As a young man he worked as a mechanic and in 1946 became Secretary of the Union of Metalworkers. He joined the Communist Party in 1947, and his rise through the hierarchy was rapid. In 1956 he became a member of the Central Committee, and in 1972, Secretary General of the Party.
In 1972, with the Socialist leader François Mitterrand and Robert Fabre, Marchais worked out a common political program between the leftist parties in France to combine their electoral strength. Elected to the National Assembly in March 1973, he was continually reelected thereafter. He and his party supported Mitterrand as the unsuccessful candidate of the unified left in the presidential elections of 1974.
After the breakup of the Communist-Socialist alliance in 1977,Marchais abandoned his previous moderate Marxist stance and adopted a more pro-Soviet, hard-line policy. But his attempt to restore the Communists to their former dominance of the left by adopting an orthodox and dogmatic Communist stance alienated many sympathizers and drove them to the Socialist camp.

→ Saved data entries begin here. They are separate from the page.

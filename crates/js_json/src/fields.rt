//! The fields of a JSON object.

ghost use Rattle.std.specs.Prelude.{◌≡◌, ◌<◌, ◌↔◌, Err, IfOk, IfSome, IsTrue, IsUtf8, length, option_map};
ghost use Rattle.std.specs.List.{All};
ghost use Rattle.serde_json.specs.Data.{no_members};
ghost use Rattle.serde_json.specs.Find.{as_object, get_member};
ghost use Rattle.serde_json.specs.View.{view};
ghost use Rattle.js_json.specs.Objects.{object_of};
ghost use Rattle.js_json.specs.Kinds.{FitsWord};
ghost use Rattle.js_json.specs.Fields.{field, flag_in, number_in, numbers_in, text_in, texts_in, time_in, part_in, is_number, is_given, or_bad};
ghost use Rattle.js_json.specs.Members.{members};
ghost use Rattle.js_json.specs.Answers.{ReadsObject, Tells, Copies, part_seen, IsWrong};
ghost use Rattle.js_json.specs.declared.fault.JsonFault.TheVariants.{NoMemory as OutOfMemory};

use crate::fault::JsonFault;
use crate::kinds::{all_texts, all_wholes, is_something, time, whole};
use js_base::{Blob, List, Moment};
use serde_json::{Map, Value};
use std::alloc::Global;

/// The fields of a JSON object. If a name is in the object twice, its last value counts.
///
/// In each call that asks for a field, `None` says that it is absent or null, and `BadField` that its value has another type or is out of the
/// range that the call states. A field that nobody asks for may be anything.
#[derive(Drop, Debug)]
pub struct Fields {
    by_name: Map<String, Value>,
    alloc: Global,
}

/// The object that the bytes are. `NotJson` comes exactly if `serde_json` cannot read them, as when they are not UTF-8 or their arrays and
/// objects nest deeper than 127; `NotObject` comes exactly if they are another JSON value.
pub fn object(alloc: Global, body: &[u8]) -> Result<Fields, JsonFault>
    ensures reading { ReadsObject result (object_of body.now) }
    ensures memory { result ≡ Err OutOfMemory → 0 < length body.now }
{
    match Value::from_slice(alloc, body) {
        Ok(value) => fields_of(alloc, value).ok_or(JsonFault::NotObject),
        Err(error) if error.is_memory() => Err(JsonFault::NoMemory),
        Err(_) => Err(JsonFault::NotJson),
    }
}

/// The fields of a value, if it is an object.
fn fields_of(alloc: Global, value: Value) -> Option<Fields>
    ensures value { option_map members result ≡ as_object (view value) }
{
    match value {
        Value::Object(by_name) => Some(Fields { by_name, alloc }),
        _ => None,
    }
}

impl Fields {
    /// True or false.
    #[tactic(auto, unfolding(crate::specs::Fields::flag_in))]
    pub fn flag(&self, name: &str) -> Result<Option<bool>, JsonFault>
        ensures reading { Tells result (flag_in name.now (members self.now)) }
    {
        match self.value(name) {
            Some(value) => self.told(name, value.as_bool()),
            None => Ok(None),
        }
    }

    /// An integer from -2^63 to 2^64 - 1. A number with a fraction or an exponent is wrong, whatever its value, and so is `-0`.
    #[tactic(auto, unfolding(crate::specs::Fields::number_in))]
    pub fn number(&self, name: &str) -> Result<Option<i128>, JsonFault>
        ensures reading { Tells result (number_in name.now (members self.now)) }
        ensures range { IfOk result (λ found. IfSome found FitsWord) }
    {
        match self.value(name) {
            Some(value) => self.told(name, whole(value)),
            None => Ok(None),
        }
    }

    /// A list of such integers.
    #[tactic(auto, unfolding(crate::specs::Fields::numbers_in))]
    pub fn numbers(&self, name: &str) -> Result<Option<List<i128>>, JsonFault>
        ensures reading { Copies result (numbers_in name.now (members self.now)) }
        ensures range { IfOk result (λ found. IfSome found (All FitsWord)) }
    {
        match self.value(name) {
            Some(value) => self.told(name, all_wholes(self.alloc, value)?),
            None => Ok(None),
        }
    }

    /// A text, in UTF-8.
    #[tactic(auto, unfolding(crate::specs::Fields::text_in))]
    pub fn text(&self, name: &str) -> Result<Option<Blob>, JsonFault>
        ensures reading { Copies result (text_in name.now (members self.now)) }
        ensures utf8 { IfOk result (λ found. IfSome found IsUtf8) }
    {
        match self.value(name) {
            Some(value) => match value.as_str() {
                Some(text) => Ok(Some(Blob::of(self.alloc, text.as_bytes())?)),
                None => Err(self.wrong(name)),
            },
            None => Ok(None),
        }
    }

    /// A list of texts, in UTF-8.
    #[tactic(auto, unfolding(crate::specs::Fields::texts_in))]
    pub fn texts(&self, name: &str) -> Result<Option<List<Blob>>, JsonFault>
        ensures reading { Copies result (texts_in name.now (members self.now)) }
        ensures utf8 { IfOk result (λ found. IfSome found (All IsUtf8)) }
    {
        match self.value(name) {
            Some(value) => self.told(name, all_texts(self.alloc, value)?),
            None => Ok(None),
        }
    }

    /// A moment from 1970 on and below 2^62 ns, in a text `YYYY-MM-DDTHH:MM:SS`, perhaps a dot and 1 to 9 digits, and `Z`, `+HH:MM` or
    /// `-HH:MM`. The date exists, hours are 00 to 23, minutes and seconds 00 to 59.
    #[tactic(auto, unfolding(crate::specs::Fields::time_in))]
    pub fn time(&self, name: &str) -> Result<Option<Moment>, JsonFault>
        ensures reading { Tells result (time_in name.now (members self.now)) }
    {
        match self.value(name) {
            Some(value) => self.told(name, time(value)),
            None => Ok(None),
        }
    }

    /// An object.
    #[tactic(auto, unfolding(crate::specs::Fields::part_in))]
    pub fn part(&self, name: &str) -> Result<Option<Fields>, JsonFault>
        ensures reading { Copies (part_seen result) (part_in name.now (members self.now)) }
    {
        match self.value(name) {
            Some(value) if value.is_object() => Ok(fields_of(self.alloc, value.clone()?)),
            Some(_) => Err(self.wrong(name)),
            None => Ok(None),
        }
    }

    /// Whether the field is a number of any kind: also one with a fraction or an exponent, one that does not fit in 64 bits, and `-0`, none of
    /// which is an integer.
    #[tactic(auto, unfolding(crate::specs::Fields::is_number))]
    pub fn is_number(&self, name: &str) -> bool
        ensures value { result ≡ is_number name.now (members self.now) }
    {
        match self.member(name) {
            Some(value) => value.is_number(),
            None => false,
        }
    }

    /// Whether the field says something: false exactly if it is absent, null, an empty text or an empty list.
    #[tactic(auto, unfolding(crate::specs::Fields::is_given))]
    pub fn given(&self, name: &str) -> bool
        ensures value { result ≡ is_given name.now (members self.now) }
    {
        match self.member(name) {
            Some(value) => is_something(value),
            None => false,
        }
    }

    /// Whether the object has no field.
    pub fn is_empty(&self) -> bool
        ensures value { IsTrue result ↔ (members self.now ≡ no_members) }
    {
        self.by_name.is_empty()
    }

    /// The value with this name, which may be null.
    fn member(&self, name: &str) -> Option<&Value>
        ensures value { option_map (λ value. view value.now) result ≡ get_member name.now (members self.now) }
    {
        self.by_name.get(name)
    }

    /// The field's value, unless it is null.
    fn value(&self, name: &str) -> Option<&Value>
        ensures value { option_map (λ value. view value.now) result ≡ field name.now (members self.now) }
    {
        match self.member(name) {
            Some(value) if !value.is_null() => Some(value),
            _ => None,
        }
    }

    /// The fault that the field is wrong.
    fn wrong(&self, name: &str) -> JsonFault
        ensures wrong { IsWrong name.now result }
    {
        match Blob::of(self.alloc, name.as_bytes()) {
            Ok(name) => JsonFault::BadField(name),
            Err(_) => JsonFault::NoMemory,
        }
    }

    /// The value that was found, or else the fault that the field is wrong.
    fn told<T>(&self, name: &str, found: Option<T>) -> Result<Option<T>, JsonFault>
        ensures told { Tells result (or_bad name.now found) }
    {
        match found {
            Some(found) => Ok(Some(found)),
            None => Err(self.wrong(name)),
        }
    }
}
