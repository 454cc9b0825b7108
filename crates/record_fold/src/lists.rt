//! Lists as their vectors are changed.

ghost use Rattle.std.specs.Prelude.{◌≡◌, [], filter, not};
ghost use Rattle.effects.specs.Ranges.{is_within};

use js_base::List;
use js_model::Pending;
use std::alloc::Global;
use std::mem;

/// The vector of a list, which has no items then.
pub(crate) fn take<T>(alloc: Global, list: &mut List<T>) -> Vec<T>
    ensures items { result.items ≡ list.old }
    ensures left { list.new ≡ [] }
{
    mem::replace(list, List::new(alloc)).into_vec()
}

/// Whether a sequence is in a range, both ends too.
pub(crate) fn is_within(low: u64, high: u64, seq: u64) -> bool
    ensures value { result ≡ is_within low high seq }
{
    low <= seq && seq <= high
}

/// Drops the sequences of a range.
pub(crate) fn drop_seqs(alloc: Global, seqs: &mut List<u64>, low: u64, high: u64)
    ensures left { seqs.new ≡ filter (λ n. not (is_within low high n)) seqs.old }
{
    let mut kept = take(alloc, seqs);
    kept.retain(|seq| !is_within(low, high, *seq));
    *seqs = List::from_vec(kept);
}

/// Drops the entries of a range of sequences.
pub(crate) fn drop_entries(alloc: Global, entries: &mut List<Pending>, low: u64, high: u64)
    ensures left { entries.new ≡ filter (λ p. not (is_within low high p.seq)) entries.old }
{
    let mut kept = take(alloc, entries);
    kept.retain(|entry| !is_within(low, high, entry.seq));
    *entries = List::from_vec(kept);
}
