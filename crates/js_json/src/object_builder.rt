//! JSON objects that are made member by member.

ghost use Rattle.std.specs.Prelude.{◌≡◌, true, false, OnOk, IfOk, IsUtf8};
ghost use Rattle.std.specs.List.{All};
ghost use Rattle.serde_json.specs.Data.{no_members, object, string, array, boolean, put as with_member};
ghost use Rattle.serde_json.specs.View.{view, items_view};
ghost use Rattle.serde_json.specs.Written.{members_have_float, compact_text};
ghost use Rattle.js_json.specs.Building.{shown, count, limit, count_unless_0, text_unless_empty, texts};
ghost use Rattle.js_json.specs.Times.{time_text};

use crate::time::time_text;
use js_base::{Blob, Moment, NoMemory};
use serde_json::{Map, Value, put};
use std::alloc::Global;
use std::str;

/// A JSON object that is made member by member. Its members stand in ascending order of their keys. A key that is added again has
/// the value that came last.
#[derive(Drop)]
pub struct ObjectBuilder {
    members: Map<String, Value>,
    alloc: Global,
}

/// A text as a value.
fn text_value(alloc: Global, text: &[u8]) -> Result<Value, NoMemory>
    requires utf8 { IsUtf8 text.now }
    ensures value { IfOk result (λ value. view value ≡ string text.now) }
{
    Ok(Value::try_from_str(alloc, str::from_utf8(text).unwrap_or(""))?)
}

/// Texts as the values of a list.
pub fn text_values(alloc: Global, list: &[Blob]) -> Result<Vec<Value>, NoMemory>
    requires utf8 { All IsUtf8 list.now }
    ensures values { IfOk result (λ values. items_view values.items ≡ texts list.now) }
{
    let mut values = Vec::new(alloc);
    for text in list {
        values.push(text_value(alloc, text.as_slice())?)?;
    }
    Ok(values)
}

impl ObjectBuilder {
    /// An object without members. It takes no memory.
    pub fn new(alloc: Global) -> ObjectBuilder
        ensures empty { shown result ≡ no_members }
    {
        ObjectBuilder {
            members: Map::new(alloc),
            alloc,
        }
    }

    /// Adds a member.
    pub fn value(&mut self, key: &str, value: Value) -> Result<(), NoMemory>
        ensures ok { OnOk result (shown self.new ≡ with_member key.now (view value) (shown self.old)) }
    {
        put(&mut self.members, self.alloc, key, value)?;
        Ok(())
    }

    /// Adds a number.
    pub fn number(&mut self, key: &str, n: u64) -> Result<(), NoMemory>
        ensures ok { OnOk result (shown self.new ≡ with_member key.now (count n) (shown self.old)) }
    {
        self.value(key, Value::from(n))
    }

    /// Adds a limit. None is -1.
    pub fn limit(&mut self, key: &str, n: Option<u64>) -> Result<(), NoMemory>
        ensures ok { OnOk result (shown self.new ≡ with_member key.now (limit n) (shown self.old)) }
    {
        match n {
            Some(n) => self.number(key, n),
            None => self.value(key, Value::from(-1i64)),
        }
    }

    /// Adds a number that is not 0.
    pub fn number_unless_0(&mut self, key: &str, n: u64) -> Result<(), NoMemory>
        ensures ok { OnOk result (shown self.new ≡ count_unless_0 key.now n (shown self.old)) }
    {
        if n == 0 { Ok(()) } else { self.number(key, n) }
    }

    /// Adds that something is so.
    pub fn truth(&mut self, key: &str) -> Result<(), NoMemory>
        ensures ok { OnOk result (shown self.new ≡ with_member key.now (boolean true) (shown self.old)) }
    {
        self.value(key, Value::from(true))
    }

    /// Adds a text.
    pub fn text(&mut self, key: &str, text: &[u8]) -> Result<(), NoMemory>
        requires utf8 { IsUtf8 text.now }
        ensures ok { OnOk result (shown self.new ≡ with_member key.now (string text.now) (shown self.old)) }
    {
        let value = text_value(self.alloc, text)?;
        self.value(key, value)
    }

    /// Adds a text that is not empty.
    pub fn text_unless_empty(&mut self, key: &str, text: &[u8]) -> Result<(), NoMemory>
        requires utf8 { IsUtf8 text.now }
        ensures ok { OnOk result (shown self.new ≡ text_unless_empty key.now text.now (shown self.old)) }
    {
        if text.is_empty() {
            Ok(())
        } else {
            self.text(key, text)
        }
    }

    /// Adds a moment.
    pub fn time(&mut self, key: &str, at: Moment) -> Result<(), NoMemory>
        ensures ok { OnOk result (shown self.new ≡ with_member key.now (string (time_text at)) (shown self.old)) }
    {
        crate::laws::law_time_text();
        // that a moment is in its range is what the proof takes from this call
        let _ = at.as_nanos();
        let text = time_text(self.alloc, at)?;
        self.text(key, text.as_slice())
    }

    /// Adds a list of texts.
    pub fn texts(&mut self, key: &str, list: &[Blob]) -> Result<(), NoMemory>
        requires utf8 { All IsUtf8 list.now }
        ensures ok { OnOk result (shown self.new ≡ with_member key.now (array (texts list.now)) (shown self.old)) }
    {
        let values = text_values(self.alloc, list)?;
        self.value(key, Value::Array(values))
    }

    /// Adds an object.
    pub fn part(&mut self, key: &str, part: ObjectBuilder) -> Result<(), NoMemory>
        ensures ok { OnOk result (shown self.new ≡ with_member key.now (object (shown part)) (shown self.old)) }
    {
        self.value(key, part.into_value())
    }

    /// The object as a value.
    pub fn into_value(self) -> Value
        ensures value { view result ≡ object (shown self) }
    {
        Value::Object(self.members)
    }

    /// The text of the object, without spaces. None of its numbers may have a fraction.
    pub fn into_text(self) -> Result<Blob, NoMemory>
        requires whole { members_have_float (shown self) ≡ false }
        ensures text { IfOk result (λ text. text ≡ compact_text (object (shown self))) }
    {
        let alloc = self.alloc;
        let text = self.into_value().to_string(alloc)?;
        Blob::of(alloc, text.as_bytes())
    }
}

In the first round of the presidential election in April 1981, he ran against Mitterrand but dropped out after the first round, having polled only 15.3 percent of the vote, the worst showing for a Communist presidential candidate since 1935. In subsequent years support for the Communist Party declined further; in parliamentary elections held in 1986 and 1993 the party received less than 10 percent of the vote.
Throughout his career Marchais's wartime record was a subject of controversy. Opponents charged that during World War II he volunteered to work in an aircraft factory in Germany; Marchais claimed that he had been deported into forced labour.
He had a marriage and divorce; three children. He had a second marriage on 18 February 1977; one son. Died of pulmonary edema on 16 November 1997.